Also, one of the pawls on the flywheel that catches the starter pulley is broken. Can I get just that part, or do I need a new flywheel?
 
An obsoleted A-69336 points set (w/ integral condenser) costs more than the POS saw’s worth, that’s likely why they were given away.

The flywheel needs replaced to get the pawl. Never seen an IPL parts list the pawls nor springs separately. Note that a points FW is different than the later CDI.

Leons chainsaws is a good place to start to check for Homelite parts. Website also has the parts lists by your UT number, so you can look them up.

https://www.leonschainsawpartsandrepair.com/store/c1/Featured_Products.html
Service guide is here.
https://houseofhomelite.proboards.com/board/49/super-2-xl-family
 
An obsoleted A-69336 points set (w/ integral condenser) costs more than the POS saw’s worth, that’s likely why they were given away.
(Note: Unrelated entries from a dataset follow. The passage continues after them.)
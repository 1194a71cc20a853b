//! Sessions.

ghost use Rattle.std.specs.Prelude.{◌≡◌, ◌≢◌, ◌≤◌, ◌||◌, ◌&&◌, ℕ, None, Some, nat_eq, nat_lt, take, length};
ghost use Rattle.std.specs.Prelude.{IfOk, OnOk, OnErr, IfErr};
ghost use Rattle.asg_match.specs.Matching.{column_at};
ghost use Rattle.asg_model.specs.declared.edits.EditRefusal.TheVariants.{NoMemory as NoMemoryRefusal};
ghost use Rattle.asg_model.specs.Edits.{edited, refusal_of};
ghost use Rattle.asg_model.specs.Limits.{most_cost, most_side};
ghost use Rattle.asg_model.specs.Refused.{PassesNegative};
ghost use Rattle.asg_model.specs.Shapes.{square_side};
ghost use Rattle.asg_proof.specs.PhaseProofs.{IsRaised};
ghost use Rattle.asg_kept_phases.specs.Edited.{Touches};
ghost use Rattle.asg_proof.specs.KeptPhases.{AreKept};
ghost use Rattle.asg_repair.specs.Sessions.{AreAdmittedOn};
ghost use Rattle.asg_repair.specs.declared.answers.Given.TheVariants.{Open};
ghost use Rattle.asg_square.specs.Cells.{square_cell};

use crate::NoMemory;
use crate::answers::{AnswerRoom, Given};
use crate::applied_edits::{edit_instance, follow_edit};
use crate::opening::{Opened, solve_first};
use crate::works::Work;
use asg_kept_phases::{PhaseChain, places_of};
use asg_model::{Edit, EditRefusal, Instance};
use asg_order::{Kind, Ordered};
use asg_proof::laws::raised_law;
use asg_roots::RootGuess;
use std::alloc::Global;
use std::marker::Model;

/// A session: an instance that is edited, with what its last answer left: the phases that are still
/// admitted from its square, and the columns that its rows keep.
#[derive(Drop)]
pub struct Session<K: Kind + Drop> {
    pub(crate) kind: K,
    pub(crate) inst: Instance,
    pub(crate) work: Work<<K::M as Ordered>::Value>,
    pub(crate) phases: PhaseChain<<K::M as Ordered>::Value>,
    pub(crate) is_led: bool,
    pub(crate) is_cut: bool,
    pub(crate) room: AnswerRoom,
}

impl<K: Kind + Drop> Model for Session<K> {
    ghost use Rattle.asg_kept_phases.specs.PhaseChains.{phases_in};
    ghost use Rattle.asg_repair.specs.Sessions.{SessionOf, IsSession, parts_of, sure_columns, ids_in};

    ghost Value = { SessionOf K K.M.Value };

    ghost view = { λ s. record {
      kind = s.kind;
      instance = s.inst;
      phases = phases_in s.phases;
      columns = sure_columns s.is_cut s.work.matching;
      given = s.room.given;
      choice = s.room.choice;
      hall = ids_in s.room;
    } };

    ghost invariant = { λ s. IsSession (K.M.monoid_of (K.monoid s.kind))
        (K.M.difference (K.monoid s.kind)) (K.entered s.kind) (K.objective s.kind) (K.reach s.kind)
        s.inst (parts_of s.work s.phases s.is_led s.is_cut s.room) };
}

impl<K: Kind + Drop> Session<K> {
    /// A session on an instance. Its square is solved at once, by few phases that are guessed and
    /// tested, or else by those of the engine, so that the first answer has few phases. The error
    /// is want of memory. The time grows with the cube of the side at most.
    pub fn open(alloc: Global, kind: K, inst: Instance) -> Result<Session<K>, NoMemory>
    where
        K::M: RootGuess,
        requires side { square_side inst ≤ most_side }
        requires passes { PassesNegative (K.objective kind) inst }
        requires reach { most_cost ≤ K.reach kind }
        ensures kind { IfOk result (λ s. s.kind ≡ kind) }
        ensures instance { IfOk result (λ s. s.instance ≡ inst) }
        ensures few { IfOk result (λ s. length s.phases ≤ square_side inst) }
        ensures open { IfOk result (λ s. s.given ≡ Open) }
        ensures admitted { let m = K.monoid kind in
            IfOk result (λ s. AreAdmittedOn (K.M.monoid_of m) (K.M.difference m)
            (K.entered kind) inst s.phases) }
    {
        let _rows = inst.rows();
        let room = AnswerRoom::make(alloc, &inst)?;
        let opened = solve_first(alloc, &kind, &inst)?;
        let Opened { work, phases } = opened;
        Ok(Session {
            kind,
            inst,
            work,
            phases,
            is_led: true,
            is_cut: false,
            room,
        })
    }

    /// Edits the instance. Of the phases the longest prefix is kept that is admitted from its
    /// square then; all are kept where live cells were raised or removed, and then each row keeps
    /// its column, but for those whose cell the edit may change. What was answered is no answer any
    /// more. Errors: the first refusal that applies, as [`Instance::refusal`] tells it, else want
    /// of memory. After an error all is as it was.
    pub fn edit(&mut self, edit: Edit) -> Result<(), EditRefusal>
        ensures edited { OnOk result (self.new.instance ≡ edited self.old.instance edit) }
        ensures kept { let m = K.monoid self.old.kind in OnOk result ((n : ℕ)
            × (self.new.phases ≡ take n self.old.phases)
            × AreKept (K.M.monoid_of m) (K.M.difference m) (square_side self.new.instance)
            self.old.phases
            (square_cell self.new.instance (K.M.monoid_of m).unit (K.entered self.old.kind)) n) }
        ensures all { let m = K.monoid self.old.kind in OnOk result
            (IsRaised (K.M.monoid_of m) (K.entered self.old.kind) self.old.instance
            self.new.instance → self.new.phases ≡ self.old.phases) }
        ensures columns { let m = K.monoid self.old.kind in OnOk result
            (IsRaised (K.M.monoid_of m) (K.entered self.old.kind) self.old.instance
            self.new.instance → (r : ℕ) → ((k : ℕ) → Touches self.old.instance edit r k → ⊥)
            → column_at self.new.columns r ≡ column_at self.old.columns r) }
        ensures count { OnOk result (length self.new.columns ≡ length self.old.columns) }
        ensures open { OnOk result (self.new.given ≡ Open) }
        ensures kind { self.new.kind ≡ self.old.kind }
        ensures passes { OnOk result
            (refusal_of (K.objective self.old.kind) self.old.instance edit ≡ None) }
        ensures refused { IfErr result (λ r. r ≢ NoMemoryRefusal
            → refusal_of (K.objective self.old.kind) self.old.instance edit ≡ Some r) }
        ensures wanting { IfErr result (λ r. r ≡ NoMemoryRefusal
            → refusal_of (K.objective self.old.kind) self.old.instance edit ≡ None) }
        ensures unchanged { OnErr result (self.new ≡ self.old) }
    {
        if let Some(refusal) = self.inst.refusal(self.kind.objective(), edit) {
            return Err(refusal);
        }
        raised_law(self.kind.monoid());
        match self.apply(edit) {
            Ok(()) => Ok(()),
            Err(_) => Err(EditRefusal::NoMemory),
        }
    }

    // Applies an edit that isn't refused: first all that may take memory, the instance last, then
    // what takes none. The error is want of memory.
    fn apply(&mut self, edit: Edit) -> Result<(), NoMemory>
        requires { refusal_of (K.objective self.old.kind) self.old.instance edit ≡ None }
        ensures edited { OnOk result (self.new.instance ≡ edited self.old.instance edit) }
        ensures kept { let m = K.monoid self.old.kind in OnOk result ((n : ℕ)
            × (self.new.phases ≡ take n self.old.phases)
            × AreKept (K.M.monoid_of m) (K.M.difference m) (square_side self.new.instance)
            self.old.phases
            (square_cell self.new.instance (K.M.monoid_of m).unit (K.entered self.old.kind)) n) }
        ensures columns { OnOk result (self.new.phases ≡ self.old.phases
            → (r : ℕ) → ((k : ℕ) → Touches self.old.instance edit r k → ⊥)
            → column_at self.new.columns r ≡ column_at self.old.columns r) }
        ensures count { OnOk result (length self.new.columns ≡ length self.old.columns) }
        ensures open { OnOk result (self.new.given ≡ Open) }
        ensures kind { self.new.kind ≡ self.old.kind }
        ensures unchanged { OnErr result (self.new ≡ self.old) }
    {
        let places = places_of(&self.inst, edit);
        let kept = edit_instance(
            &self.kind,
            &mut self.inst,
            &self.work.reduced.now,
            &mut self.phases,
            edit,
            places,
        )?;
        let _rows = self.inst.rows();
        let count = self.phases.len();
        self.is_cut = is_cut_by(self.is_cut, kept, count);
        let stays = stays_led(self.is_led, kept, count);
        self.is_led = follow_edit(
            &self.kind,
            &self.inst,
            &mut self.work,
            &mut self.phases,
            places,
            kept,
            stays,
        );
        self.room.given = Given::Open;
        Ok(())
    }
}

// Whether phases are cut where so many of so many are kept, or were before.
fn is_cut_by(was: bool, kept: u32, count: u32) -> bool
    ensures { result ≡ (was || nat_lt kept count) }
{
    was || kept < count
}

// Whether all of so many phases are kept that led to the square.
fn stays_led(was: bool, kept: u32, count: u32) -> bool
    ensures { result ≡ (was && nat_eq kept count) }
{
    was && kept == count
}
The flywheel needs replaced to get the pawl. Never seen an IPL parts list the pawls nor springs separately. Note that a points FW is different than the later CDI.

Leons chainsaws is a good place to start to check for Homelite parts. Website also has the parts lists by your UT number, so you can look them up.

https://www.leonschainsawpartsandrepair.com/store/c1/Featured_Products.html
Service guide is here.
https://houseofhomelite.proboards.com/board/49/super-2-xl-family
I second Leon’s. If he has the parts, they will be quality and at a very fair price. His shipping is fair too.
 
I ended up getting a starter pawl and a recoil rope from him, and I have two electronic ingition modules coming to replace the points from Amazon.
 
Well the later 94711 electronic coils are not a ‘drop in’ conversion for the older points type saws. Even the cylinders are different on the points coil saws vs the electronic, as the two coil mounting bosses were changed in position.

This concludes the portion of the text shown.